お茶によって、場所によって、また気温によって時期がズレるところもある。

お茶の聖地といわれる京都・宇治田原町では茶摘み体験が毎年行われている。
その宇治田原町は、摘んだ新芽を蒸すか茹でるかの加熱処理し天日で干して乾燥させる「青製煎茶製法」を開発し、宇治茶を世に知らしめた「永谷宗円」の出身地。その宗円が製茶法で作りあげたお茶を江戸に持っていき、茶商の山本嘉兵衛に販売を託したところ、たちまち評判となり、以後「宇治の煎茶」は日本を代表するお茶となったと言われている。
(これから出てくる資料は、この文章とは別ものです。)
// Finish: the body of an index from the bytes of its arena.
#![tactic(auto)]

mod body;
mod check;

ghost use Rattle.std.specs.Prelude.{◌≡◌, ◌+◌, ◌*◌, ◌≤◌, length};
ghost use Rattle.numbers.specs.Numbers.{number_of};
ghost use Rattle.finish.specs.Finish.{walked_refusal, FinishPost};
ghost use Rattle.finish.specs.Inner.Needs.{Room, AttemptTaken, BodyPost};

use construct::places;
use layout::arena_start;
use mixing::slot::buckets;
use numbers::Refusal;
use records::Arena;
use records::walk::walk;

// The attempt that was taken: its pilots, and its slots.
#[derive(Clone, Copy)]
struct Placing<'a> {
    pilots: &'a [u32],
    slots: &'a [u32],
}

// Refuses by 8, 5, 9 or 6: an arena of `size` bytes whose walk passed n keys and came to `end`, and the lengths of what is lent.
#[tactic(auto, unfolding(crate::specs::Finish::walked_refusal))]
fn check_lengths(
    size: usize,
    end: usize,
    n: usize,
    out: usize,
    wide: usize,
    narrow: usize,
) -> Result<(), Refusal>
    ensures { number_of result ≡ walked_refusal size end n out wide narrow }
{
    if end != size {
        return Err(Refusal::Arena);
    }
    if n == 0 || Arena::MAX_KEYS < n {
        return Err(Refusal::Count);
    }
    if wide < 2 * n || narrow < 8 * n + 8 {
        return Err(Refusal::Workspace);
    }
    if out < size || out - size < arena_start(n) {
        return Err(Refusal::Buffer);
    }
    Ok(())
}

// Refuses by 11, where a slot of the attempt is unfilled or mismatched; else writes the body.
fn checked(
    arena: &[u8],
    out: &mut [u8],
    wide: &mut [u64],
    placing: Placing,
    n: usize,
    i: u64,
) -> Result<usize, Refusal>
    requires { Room arena.now out.old wide.old n × AttemptTaken arena.now wide.old placing.pilots.now placing.slots.now n i }
    ensures { BodyPost arena.now out.old n result out.new }
{
    if check::mismatch(&wide[..n], placing) {
        return Err(Refusal::SelfCheck);
    }
    body::write_body(arena, out, wide, placing, n, mixing::seed(i));
    Ok(arena_start(n) + arena.len())
}

// Places the n keys, refusing by 10 where no attempt succeeds, and writes the body.
fn build(
    arena: &[u8],
    out: &mut [u8],
    wide: &mut [u64],
    narrow: &mut [u32],
    n: usize,
) -> Result<usize, Refusal>
    requires { Room arena.now out.old wide.old n × (8 * n + 8 ≤ length narrow.old) }
    ensures { BodyPost arena.now out.old n result out.new }
{
    let i = construct::construct(arena, wide, narrow, n).ok_or(Refusal::Attempts)?;
    let b = buckets(n);
    let placing = Placing {
        pilots: places::pilots(narrow, b),
        slots: places::slots(narrow, n, b),
    };
    checked(arena, out, wide, placing, n, i)
}

// Makes the body of the arena's keys in the output, and answers its length. The workspace may come in dirty, and is left zero once the
// lengths are checked.
pub fn finish(
    arena: &[u8],
    out: &mut [u8],
    wide: &mut [u64],
    narrow: &mut [u32],
) -> Result<usize, Refusal>
    ensures { FinishPost arena.now out.old wide.old narrow.old result out.new wide.new narrow.new }
{
    let walked = walk(arena, None, arena.len());
    let n = walked.keys;
    check_lengths(
        arena.len(),
        walked.end,
        n,
        out.len(),
        wide.len(),
        narrow.len(),
    )?;
    let built = build(arena, out, &mut wide[..n + n], narrow, n);
    wide.fill(0);
    narrow.fill(0);
    built
}
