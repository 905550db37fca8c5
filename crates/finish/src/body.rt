// The body's bytes: header, pilots, slots, arena.
ghost use Rattle.std.specs.Prelude.{◌≡◌, ◌+◌, ◌*◌, ◌≤◌, length};
ghost use mathlib.Core.List.{◌++◌, flat_map};
ghost use Rattle.numbers.specs.Limits.{most_keys};
ghost use Rattle.words.specs.Field.{splice};
ghost use Rattle.construct.specs.Inner.Layout.{Entries};
ghost use Rattle.finish.specs.Body.{header_bytes, pilots_bytes, slot_bytes, body_bytes};
ghost use Rattle.finish.specs.Inner.Needs.{Room, placed_as, PlacesListed, listed_slot, Filled, SlotsKnown};

use super::Placing;
use layout::{Header, arena_start, put_header};
use records::cursor;
use words::{field, part};

// Writes the pilots from `at`.
fn write_pilots(out: &mut [u8], at: usize, pilots: &[u32])
    requires { at + 4 * length pilots.now ≤ length out.old }
    ensures { out.new ≡ splice out.old at (pilots_bytes pilots.now) }
{
    for (i, &pilot) in pilots.iter().enumerate() {
        field::put_u32(out, at + Header::PILOT * i, pilot);
    }
}

// Writes the slot at `at`.
#[tactic(auto, using(crate::proofs::BodyLaws::slot_written))]
fn write_slot(out: &mut [u8], at: usize, offset: u64, fingerprint: u16)
    requires { at + 12 ≤ length out.old }
    ensures { out.new ≡ splice out.old at (slot_bytes offset fingerprint) }
{
    field::put_u64(out, at, offset);
    field::put_u16(out, at + 8, fingerprint);
    field::put_u16(out, at + 10, 0);
}

// Writes the slots from `at`; wide has the keys' hashes, and behind them their places.
fn write_slots(out: &mut [u8], at: usize, wide: &[u64], slots: &[u32])
    requires { Filled (length slots.now) slots.now × (length wide.now ≡ length slots.now + length slots.now) × (at + 12 * length slots.now ≤ length out.old) }
    ensures { out.new ≡ splice out.old at (flat_map (listed_slot wide.now (length slots.now)) slots.now) }
{
    let (hashes, places) = wide.split_at(slots.len());
    for (s, &held) in slots.iter().enumerate() {
        let m = held as usize - 1;
        write_slot(
            out,
            at + Header::SLOT * s,
            places[m],
            mixing::fingerprint(hashes[m]),
        );
    }
}

// Lists the places of the n entries behind the keys' hashes.
fn list_places(arena: &[u8], wide: &mut [u64], n: usize)
    requires { Entries arena.now n × (length wide.old ≡ n + n) }
    ensures { PlacesListed arena.now n wide.old wide.new }
{
    let mut p = 0;
    for place in wide[n..].iter_mut() {
        *place = p as u64;
        p = cursor::next_entry(arena, p);
    }
}

// Writes the header, and the pilots behind it.
#[tactic(auto, using(crate::proofs::BodyLaws::front_written))]
fn write_front(out: &mut [u8], n: usize, seed: u64, pilots: &[u32])
    requires { (n ≤ most_keys) × (32 + 4 * length pilots.now ≤ length out.old) }
    ensures { out.new ≡ splice out.old 0 (header_bytes seed n ++ pilots_bytes pilots.now) }
{
    put_header(out, n, seed);
    write_pilots(out, Header::BYTES, pilots);
}

// Writes the whole body.
pub fn write_body(
    arena: &[u8],
    out: &mut [u8],
    wide: &mut [u64],
    placing: Placing,
    n: usize,
    seed: u64,
)
    requires { Room arena.now out.old wide.old n × SlotsKnown arena.now wide.old placing.pilots.now placing.slots.now n seed }
    ensures { out.new ≡ splice out.old 0 (body_bytes arena.now n seed (placed_as placing.entry.pilots.now placing.entry.slots.now)) }
{
    list_places(arena, wide, n);
    write_front(out, n, seed, placing.pilots);
    write_slots(
        out,
        Header::BYTES + Header::PILOT * placing.pilots.len(),
        wide,
        placing.slots,
    );
    part::copy_at(out, arena_start(n), arena);
}
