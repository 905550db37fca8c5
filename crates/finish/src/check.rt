// The self-check: every slot is filled, by a key whose index is that slot.
ghost use Rattle.std.specs.Prelude.{◌≡◌, ◌<◌, ◌≤◌, length};
ghost use Rattle.finish.specs.Finish.{unmatched, mismatch};

use super::Placing;
use construct::pilot;

// Whether slot s, of n, that holds `held`, is unfilled or mismatched.
#[tactic(auto, unfolding(crate::specs::Finish::unmatched))]
fn unmatched(hs: &[u64], pilots: &[u32], n: usize, s: usize, held: u32) -> bool
    requires { (0 < length pilots.now) × (0 < n) × (n ≤ length hs.now) }
    ensures { result ≡ unmatched hs.now pilots.now n s held }
{
    let m = held as usize;
    m == 0 || n < m || pilot::index(hs[m - 1], pilots, n) != s
}

// Whether a slot is unfilled or mismatched.
pub fn mismatch(hs: &[u64], placing: Placing) -> bool
    requires { (0 < length placing.pilots.now) × (length placing.slots.now ≤ length hs.now) }
    ensures { result ≡ mismatch hs.now placing.entry.pilots.now placing.entry.slots.now }
{
    let Placing { pilots, slots } = placing;
    for (s, &held) in slots.iter().enumerate() {
        if unmatched(hs, pilots, slots.len(), s, held) {
            return true;
        }
    }
    false
}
茶商、山本嘉兵衛というのは、いまの株式会社山本山の初代である。1738年、山城国宇治田原郷湯屋谷の永谷宗円の製茶法を認め、宇治茶を「天下一」と称した。いまに受け継がれている「宇治製法」は京都府の指定文化財になっている。そして数年前から世界文化遺産への登録に向け動き始めている。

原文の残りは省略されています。